Well, she wasn’t that kind of psychic! Perhaps no one is. At least, not often and not for long.
Yet the sort of psychic she actually turned out to be was far more intriguing. Against what I saw as high odds, this lady revealed herself as a self-policer. Late in our friendship, I recommended that she enroll herself in college psychology classes in order to examine her practice through a new type of lens. After a while she indeed did so, whereupon she determined that her Great Oz routine had been founded on humbug. She shed belief in her own sorcery, which had been a vital ingredient. She could no longer sell to others what she could not buy herself. Profitable as her act had been, it collided with an expiration date.
Perhaps to avoid meeting her former students and clients and feeling required to explain her grand transition, she moved out of town, out of state, and then out of the country. Ultimately, I lost track of her professional trajectory. Still, I’m confident that no crystal balls are involved today.
The Key Question
But now let me ask you something, as a reader.

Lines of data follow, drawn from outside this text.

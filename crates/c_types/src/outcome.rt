// How a run comes out.

use fore_base::fault::Fault;

/// How a run of at most some number of steps comes out. Steps are counted from 1.
#[derive(Clone, Copy)]
pub enum Outcome {
    /// The run has ended after this number of steps.
    Ended { step: u64 },
    /// This step, which has this line, meets this fault.
    Fault { kind: Fault, line: u32, step: u64 },
    /// This step needs a choice, and no choice is left.
    Starved { step: u64 },
    /// The choice at this index is needed, and is neither 0 nor 1.
    BadChoice { index: u64 },
    /// All steps were taken, and items are left.
    StillRunning,
}
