// Laws of the face of a box, each the contract of a function that does nothing.

ghost use Rattle.std.specs.Prelude.{◌≡◌, ℕ, List, Option};
ghost use Rattle.fa_back.specs.Insides.{AreRankedInsides};
ghost use Rattle.fa_box_rules.specs.Rules.{IsWellNamed, IsUnbroken};
ghost use Rattle.fa_core.specs.Boxes.{Boxes, IsBoxTable, SoundBox};
ghost use Rattle.fa_core.specs.declared.faces.BoxFace.{BoxFace};
ghost use Rattle.fa_core.specs.declared.forest.Forest.{Forest};
ghost use Rattle.fa_faces.specs.Faults.{box_inside, IsFaultOf};
ghost use Rattle.fa_faces.specs.declared.fault.FaceFault.{FaceFault};
ghost use Rattle.fa_faces.specs.declared.fault.FaceFault.TheVariants.{Memory};

/// A well named box that is unbroken with a face is sound with it, under any name. A sound one is unbroken with no
/// other face, and breaks no rule.
pub fn faces_are_exact()
    ensures sound { (t : Boxes) (input : ℕ) (output : Option ℕ) (inside : Forest)
        → IsWellNamed t.face (box_inside input output inside.autos) → (x : BoxFace)
        → IsUnbroken t.face t.defs (box_inside input output inside.autos) x → (n : List ℕ)
        → SoundBox t.face t.defs (record { name = n; face = x; inside = inside }) }
    ensures one { (t : Boxes) (input : ℕ) (output : Option ℕ) (inside : Forest)
        → IsWellNamed t.face (box_inside input output inside.autos) → IsBoxTable t → AreRankedInsides t.defs
        → (n : List ℕ) (x : BoxFace) → x.input ≡ input → x.output ≡ output
        → SoundBox t.face t.defs (record { name = n; face = x; inside = inside }) → (y : BoxFace)
        → IsUnbroken t.face t.defs (box_inside input output inside.autos) y → y ≡ x }
    ensures none { (t : Boxes) (input : ℕ) (output : Option ℕ) (inside : Forest)
        → IsWellNamed t.face (box_inside input output inside.autos) → IsBoxTable t → AreRankedInsides t.defs
        → (n : List ℕ) (x : BoxFace) → x.input ≡ input → x.output ≡ output
        → SoundBox t.face t.defs (record { name = n; face = x; inside = inside }) → (e : FaceFault)
        → IsFaultOf t.face t.defs (box_inside input output inside.autos) e → e ≡ Memory }
{}
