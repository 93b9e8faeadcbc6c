// Why a text is not one of sound boxes.

use std::alloc::AllocError;
use thiserror::Error;

/// Why a text is not one of sound boxes. Lines are given by their numbers, the first being 1.
#[derive(Clone, Copy, Debug, Error)]
pub enum BoxFault {
    /// The number of the first rule that the text breaks, 1 to 7, and the line.
    #[error("rule B{} is broken at line {}", .rule, .line)]
    Rule { rule: u8, line: u32 },
    /// More than 32 boxes: the first line of the 33rd.
    #[error("limit K6 is passed at line {}", .line)]
    Limit { line: u32 },
    /// Want of memory.
    #[error("no memory")]
    Memory,
}

impl From<AllocError> for BoxFault {
    ghost use Rattle.std.specs.Prelude.{◌≡◌};
    ghost use Rattle.fa_text.specs.declared.fault.BoxFault.TheVariants.{Memory};

    ghost from_gives = { λ _ e. e ≡ Memory };

    fn from(_: AllocError) -> BoxFault {
        BoxFault::Memory
    }
}
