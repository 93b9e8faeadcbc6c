// Laws of runs and steps: each is the contract of a function that does nothing.

ghost use Rattle.std.specs.Prelude.{◌≡◌, ◌≤◌, ◌-◌, ◌++◌, ◌∷◌, ℕ, true, false, List, length, map};
ghost use Rattle.std.specs.Prelude.{Option, Some, slice_get};
ghost use Rattle.c_types.specs.declared.program.Arg.{Arg};
ghost use Rattle.c_types.specs.declared.program.Dest.{Dest};
ghost use Rattle.c_types.specs.declared.program.Func.{Func};
ghost use Rattle.c_types.specs.declared.program.Stmt.{Stmt};
ghost use Rattle.c_types.specs.declared.program.Stmt.TheVariants.{Call};
ghost use Rattle.c_types.specs.Control.{Items, Enter, Exit, all_before, items_by, body_within, items_of, opened};
ghost use Rattle.c_types.specs.Control.{start_of, closed_after};
ghost use Rattle.c_types.specs.Steps.{Goes, Faults, turn_of};
ghost use Rattle.c_types.specs.Losses.{loses};
ghost use Rattle.c_types.specs.Runs.{run, empty_store};
ghost use Rattle.c_types.specs.Fits.{FitsProgram, Visited, ItemsFit};
ghost use Rattle.c_types.specs.Over.{IsOver, IsStarved};
ghost use Rattle.c_types.specs.declared.mode.MallocMode.{MallocMode};
ghost use Rattle.fore_base.specs.declared.fault.Fault.{Fault as Kind};
ghost use Rattle.fore_base.specs.declared.store.Store.{Store};
ghost use Rattle.fore_base.specs.declared.fault.Fault.TheVariants.{Leak};
ghost use Rattle.fore_base.specs.Heap.{IsProper, leaks};

use crate::outcome::Outcome;
use crate::program::Typed;

/// A run that has ended, met a fault or stopped for want of a choice stays so with more steps.
pub fn over_stays(program: &Typed)
    ensures { (mode : MallocMode) (choices : List ℕ) (fewer more : ℕ) → fewer ≤ more
        → IsOver (run program.now mode choices fewer)
        → run program.now mode choices more ≡ run program.now mode choices fewer }
{
    let _program = program;
}

/// The run of as many steps as the number of the faulty step meets the same fault.
pub fn fault_at_its_step(program: &Typed)
    ensures { (mode : MallocMode) (choices : List ℕ) (steps : ℕ) (kind : Kind) (line step : ℕ)
        → run program.now mode choices steps
        ≡ Outcome.Fault kind line step → (step ≤ steps)
        × (run program.now mode choices step ≡ Outcome.Fault kind line step) }
{
    let _program = program;
}

/// More choices than a run needs change nothing.
pub fn more_choices_are_ignored(program: &Typed)
    ensures { (mode : MallocMode) (choices more : List ℕ) (steps : ℕ)
        → (IsStarved (run program.now mode choices steps) → ⊥)
        → run program.now mode (choices ++ more) steps ≡ run program.now mode choices steps }
{
    let _program = program;
}

/// A run with too few choices is starved at the step that needs the missing one: with any more choices it gets there,
/// and this step reads the first of them, which no step before it does.
pub fn starved_where_needed(program: &Typed)
    ensures { (mode : MallocMode) (choices : List ℕ) (steps step : ℕ) → run program.now mode choices steps
        ≡ Outcome.Starved step → (1 ≤ step)
        × (step ≤ steps) × ((more : List ℕ) → run program.now mode (choices ++ more) (step - 1) ≡ Outcome.StillRunning)
        × ((more : List ℕ) (bad later : ℕ) → 2 ≤ bad → step ≤ later → run program.now mode (choices ++ bad ∷ more) later
        ≡ Outcome.BadChoice (length choices)) }
{
    let _program = program;
}

/// A run begins with a store that is proper and fits the program, and each step keeps both. So every store that a run
/// visits is proper and fits.
pub fn steps_keep_stores(program: &Typed)
    ensures begins { ItemsFit program.now (start_of program.now)
        × IsProper (empty_store (length program.now.vars) (length program.now.data_vars))
        × FitsProgram program.now (empty_store (length program.now.vars) (length program.now.data_vars)) }
    ensures keeps { (mode : MallocMode) (is js : Items) (s t : Store) (choice : ℕ) → ItemsFit program.now is
        → IsProper s
        → FitsProgram program.now s
        → turn_of program.now.shapes.structs mode (opened is) s choice ≡ Goes js t → ItemsFit program.now js
        × IsProper t
        × FitsProgram program.now t }
    ensures visited { (mode : MallocMode) (is : Items) (s : Store) → Visited program.now mode is s → IsProper s
        × FitsProgram program.now s }
{
    let _body = &program.body;
}

/// The items of a call are its Enter, those of the statements of its function's body, and its Exit: no function leads
/// to itself by calls, so to follow calls deeper than there are functions changes nothing. With a `break` or `continue`
/// before a call no variable dies of what it would close.
pub fn calls_end(program: &Typed)
    ensures deeper { (depth : ℕ) (s : Stmt) (r : Items) → length program.now.funcs ≤ depth
        → items_by program.now.funcs (body_within program.now.funcs depth) s r ≡ items_of program.now.funcs s r }
    ensures called { (f : ℕ) (g : Func) (args : List Arg) (target : Option Dest) (line : ℕ) (r : Items)
        → slice_get program.now.funcs f ≡ Some g
        → items_of program.now.funcs (Call f args target line) r
        ≡ Enter g.params args line
        (all_before (map (items_of program.now.funcs) g.body) (Exit g.result g.params target line r)) }
    ensures hides { (own : List ℕ → List ℕ → List ℕ) (f : ℕ) (args : List Arg) (target : Option Dest) (line : ℕ)
        (r : Items) → closed_after own 0 (items_of program.now.funcs (Call f args target line) r)
        ≡ closed_after own 0 r }
{
    let _body = &program.body;
}

/// A step that takes no reference to a cell away (no variable or field that held a cell is overwritten or dies, no cell
/// is freed, and none is made) leaks exactly if the store had leaked before it.
pub fn leaks_by_losses_alone(program: &Typed)
    ensures kept { (mode : MallocMode) (is : Items) (s : Store) (choice : ℕ) → loses (opened is) s ≡ false → leaks s
        ≡ false
        → turn_of program.now.shapes.structs mode (opened is) s choice ≡ Faults Leak → ⊥ }
    ensures stays { (mode : MallocMode) (is js : Items) (s t : Store) (choice : ℕ) → loses (opened is) s ≡ false
        → leaks s ≡ true
        → turn_of program.now.shapes.structs mode (opened is) s choice ≡ Goes js t → ⊥ }
{
    let _body = &program.body;
}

Whom would you dub the most interesting character? A psychic endowed with fabled, inexplicable magic power? Or a psychic with a power that has an easy explanation, although it’s one she evades for years, but then finally confronts? Which character’s issues might make a better story? Well, what would make for the best plot? What story might provide a reader with more insight about our genuine human condition, and offer many more useful take-aways?
That’s why, when it comes to magic, I stack my chips where I do.